## Exercise description
The response must consist of the lines below from the one with "Ok(reading::accepted(plan, u32::from(mark), &text))" through the one with "let intent = words::read_u32_be(file, header::INTENT);", exactly as they appear and with both ends kept.
═════ Entries shown
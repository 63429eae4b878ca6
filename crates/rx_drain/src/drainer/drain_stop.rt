ghost use Rattle.std.specs.Prelude.{◌≡◌};

use crate::{DrainFault, DrainerLeft};
use rx_sink::Sink;

/// What a drainer leaves that could not go on.
#[derive(Drop)]
pub struct DrainStop<S: Sink> {
    pub fault: DrainFault,
    pub left: DrainerLeft<S>,
}

impl<S: Sink> DrainStop<S> {
    /// Lets go of all but the fault, and waits for nothing: the subjects find the drainer gone, and hear its Byes. Its sinks are let
    /// go as they are.
    pub fn let_go(self) -> DrainFault
        ensures { result ≡ self.fault }
    {
        let DrainStop { fault, left } = self;
        left.let_go();
        fault
    }
}
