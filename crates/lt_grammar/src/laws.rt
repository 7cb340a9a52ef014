//! Laws of the grammar, and of what a program is printed as.

ghost use Rattle.lt_grammar.specs.PrintedText.{PrintedReadsBack, PrintsItsTokens};
ghost use Rattle.lt_grammar.specs.Unplaced.{SpelledElsewhere};
ghost use Rattle.lt_grammar.specs.Written.{WrittenAsSpelled};

/// A program is written with the tokens that spell it, where each of them has the letters of its sign.
#[tactic(auto, using(crate::proofs::Written::written_as_spelled))]
pub fn program_is_written_as_spelled()
    ensures { WrittenAsSpelled }
{}

/// What tokens spell, the same tokens at other places spell too, but for the places.
#[tactic(auto, using(crate::proofs::Unplaced::spelled_elsewhere))]
pub fn spelled_elsewhere()
    ensures { SpelledElsewhere }
{}

/// What a text's program is printed as spells the same program, but for the places.
pub fn printed_text_reads_back()
    ensures { PrintedReadsBack }
{}

/// The tokens that a text's program is printed with are the text's own, in their order.
pub fn text_is_printed_by_its_tokens()
    ensures { PrintsItsTokens }
{}
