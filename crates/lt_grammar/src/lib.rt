//! The grammar: which tokens are which program.
//!
//! No code runs in this crate: its functions are laws. `specs/Grammar.antt` says which tokens are which program,
//! `specs/Program.antt` what it means that tokens begin one, and `specs/Text.antt` what program a text spells. The rules are in
//! `docs/LANGUAGE.md`, under *Grammar*; `lt_parser` reads by them.
#![tactic(auto)]

mod laws;

pub use laws::{
    printed_text_reads_back, program_is_written_as_spelled, spelled_elsewhere,
    text_is_printed_by_its_tokens,
};
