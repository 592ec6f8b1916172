// The reader: the one plan that lays out to a file, id included, or the first refusal.

#![tactic(auto)]

pub mod finder;

ghost use Rattle.std.specs.Prelude.{◌≡◌};
ghost use Rattle.refusals.specs.Refusals.{checked};
ghost use Rattle.reader_spec.specs.Table.{varying_of};
ghost use Rattle.reader_spec.specs.Steps.{Tabled};
ghost use Rattle.reader_spec.specs.Read as Read;
ghost use Rattle.reading.specs.Reading as Answers;

use buffer::Text;
use comparisons::{header_is, table_is};
pub use finder::{find, find_line};
use plan_checks::intent_is_good;
use profile::{MAX_LETTERS, Shape};
pub use reading::{NumberAndPlan, Reading};
use refusals::Refusal;

// Elements, range and id of a file with the table of a shape.
fn read_elements(file: &[u8], shape: Shape, intent: u32) -> Result<Reading, Refusal>
    requires { Tabled shape file.now × (intent ≡ (varying_of file.now).intent) }
    ensures { checked result ≡ Answers.reading (Read.from_body file.now) }
{
    let plan = plan_in::numbers_in(file, shape, intent);
    let mut text = Text {
        bytes: [0; MAX_LETTERS],
        len: 0,
    };
    text.len = plan_in::text_in(file, shape, &mut text.bytes);
    let mark = reader_checks::plan_answer(file, plan, &text.bytes[..text.len])?;
    Ok(reading::accepted(plan, u32::from(mark), &text))
}

// Reads a file.
pub fn read(file: &[u8]) -> Result<Reading, Refusal>
    ensures { checked result ≡ Answers.reading (Read.read file.now) }
{
    if file.len() < reader_checks::SHORTEST {
        return Err(Refusal::FileTooShort);
    }
    let size = words::read_u32_be(file, 0);
    if size as usize != file.len() {
        return Err(Refusal::WrongSize);
    }
    let kind = fields::kind_of(file);
    let intent = words::read_u32_be(file, header::INTENT);
    if !header_is(file, kind, intent) {
        return Err(Refusal::WrongHeader);
    }
    if !intent_is_good(intent) {
        return Err(Refusal::WrongIntent);
    }
    let shape = fields::shape_in(file, kind);
    if !table_is(file, shape) {
        return Err(Refusal::WrongTable);
    }
    read_elements(file, shape, intent)
}

// The same as 01 has it: 0 and the plan, or the refusal's number and a plan of zeros.
pub fn number_and_plan(file: &[u8]) -> NumberAndPlan
    ensures { result ≡ Answers.number_and_plan (Answers.reading (Read.read file.now)) }
{
    reading::numbered(read(file))
}
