// The profiles: a plan and its layout are definitions (specs/). Here are a plan by value and its shape. The crate `elements` writes the tag data
// elements, and `layout` lays out whole plans.

#![tactic(auto)]

ghost use Rattle.std.specs.Prelude.{ℕ, ◌≡◌, List, length};
ghost use Rattle.profile.specs.Layout as Layouts;
ghost use Rattle.profile.specs.Numbers as Plans;
ghost use Rattle.profile.specs.Shape as Shapes;

// The most letters of a text.
pub const MAX_LETTERS: usize = 372;

// The letters of an XYB plan's text.
pub const XYB_LETTERS: usize = 7;

// Where in an `mluc` element its text begins, and the bytes of a curve that is a gamma.
pub const MLUC_TEXT: usize = 28;

pub const GAMMA_SIZE: u32 = 16;

// The first number of each named curve, by which it is told from the others.
pub const BT709_GAMMA: i32 = 145636;

pub const LINEAR_GAMMA: i32 = 65536;

pub const SRGB_GAMMA: i32 = 157286;

pub const DCI_GAMMA: i32 = 170394;

// The three kinds of profile.
#[derive(Clone, Copy, Debug, PartialEq, Eq)]
pub enum Kind {
    Gray,
    Rgb,
    Xyb,
}

// The shape of a plan, which its tag table and its length show: the letters of its text, whether its curve is a gamma, whether it has
// `cicp` and whether it is gray with its white adapted to D50.
#[derive(Clone, Copy, Debug, PartialEq, Eq)]
pub struct Shape {
    pub kind: Kind,
    pub letters: usize,
    pub gamma: bool,
    pub cicp: bool,
    pub adapted: bool,
}

// A named curve: its five numbers are those of function type 3.
#[derive(Clone, Copy, Debug, PartialEq, Eq)]
pub enum CurveName {
    BT709,
    Linear,
    SRGB,
    DCI,
}

// A curve of a profile: a named one, or function type 0 with the fixed number of 1/g.
#[derive(Clone, Copy, Debug, PartialEq, Eq)]
pub enum Curve {
    Named(CurveName),
    Gamma(i32),
}

// The white of a gray plan: its own, X and Z, as Y is 65536; or adapted to D50, the nine numbers of `chad`, by rows.
#[derive(Clone, Copy, Debug, PartialEq, Eq)]
pub enum GrayWhite {
    Unadapted { x: i32, z: i32 },
    Adapted([i32; 9]),
}

// What a plan of each kind has but its text. The nine numbers of `chad` go by rows, those of the columns are the red, the green and the blue one,
// and `cicp` is its value of ColourPrimaries, if there is that tag.
#[derive(Clone, Copy, Debug, PartialEq, Eq)]
pub enum Content {
    Gray {
        curve: Curve,
        white: GrayWhite,
    },
    Rgb {
        curve: Curve,
        cicp: Option<u8>,
        chad: [i32; 9],
        columns: [i32; 9],
    },
    Xyb,
}

impl Content {
    pub fn kind(self) -> Kind
        ensures { result ≡ Plans.kind_of self }
    {
        match self {
            Content::Gray { .. } => Kind::Gray,
            Content::Rgb { .. } => Kind::Rgb,
            Content::Xyb => Kind::Xyb,
        }
    }
}

// A plan but for its text, which is lent beside it. Maker and model are four bytes each, the first the most significant.
#[derive(Clone, Copy, Debug, PartialEq, Eq)]
pub struct Numbers {
    pub intent: u32,
    pub maker: u32,
    pub model: u32,
    pub content: Content,
}

impl Numbers {
    // The numbers of this intent and content, with maker and model zero.
    pub fn plain(intent: u32, content: Content) -> Numbers
        ensures { result ≡ Plans.plain_numbers intent content }
    {
        Numbers {
            intent,
            maker: 0,
            model: 0,
            content,
        }
    }

    // The numbers with this maker and this model.
    pub fn with_device(self, maker: u32, model: u32) -> Numbers
        ensures { result ≡ Plans.numbers_with maker model self }
    {
        Numbers {
            maker,
            model,
            ..self
        }
    }
}

// The text of an XYB plan with this intent. No plan has an intent above 3.
#[tactic(auto, unfolding(crate::specs::Layout::xyb_text))]
pub fn xyb_text(intent: u32) -> [u8; XYB_LETTERS]
    ensures { result ≡ Layouts.xyb_text intent }
{
    match intent {
        1 => *b"XYB_Rel",
        2 => *b"XYB_Sat",
        3 => *b"XYB_Abs",
        _ => *b"XYB_Per",
    }
}

fn is_gamma(curve: Curve) -> bool
    ensures { result ≡ Shapes.is_gamma curve }
{
    matches!(curve, Curve::Gamma(_))
}

fn is_adapted(white: GrayWhite) -> bool
    ensures { result ≡ Shapes.is_adapted white }
{
    matches!(white, GrayWhite::Adapted(_))
}

// The shape of a plan with a text of so many letters.
pub fn shape_of(plan: Numbers, letters: usize) -> Shape
    ensures { (text : List ℕ) → letters ≡ length text → result ≡ Shapes.shape (Plans.plan_of plan text) }
{
    match plan.content {
        Content::Gray { curve, white } => Shape {
            kind: Kind::Gray,
            letters,
            gamma: is_gamma(curve),
            cicp: false,
            adapted: is_adapted(white),
        },
        Content::Rgb { curve, cicp, .. } => Shape {
            kind: Kind::Rgb,
            letters,
            gamma: is_gamma(curve),
            cicp: cicp.is_some(),
            adapted: false,
        },
        Content::Xyb => Shape {
            kind: Kind::Xyb,
            letters: XYB_LETTERS,
            gamma: false,
            cicp: false,
            adapted: false,
        },
    }
}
══════════
## Task solution
    Ok(reading::accepted(plan, u32::from(mark), &text))
}

// Reads a file.
pub fn read(file: &[u8]) -> Result<Reading, Refusal>
    ensures { checked result ≡ Answers.reading (Read.read file.now) }
{
    if file.len() < reader_checks::SHORTEST {
        return Err(Refusal::FileTooShort);
    }
    let size = words::read_u32_be(file, 0);
    if size as usize != file.len() {
        return Err(Refusal::WrongSize);
    }
    let kind = fields::kind_of(file);
    let intent = words::read_u32_be(file, header::INTENT);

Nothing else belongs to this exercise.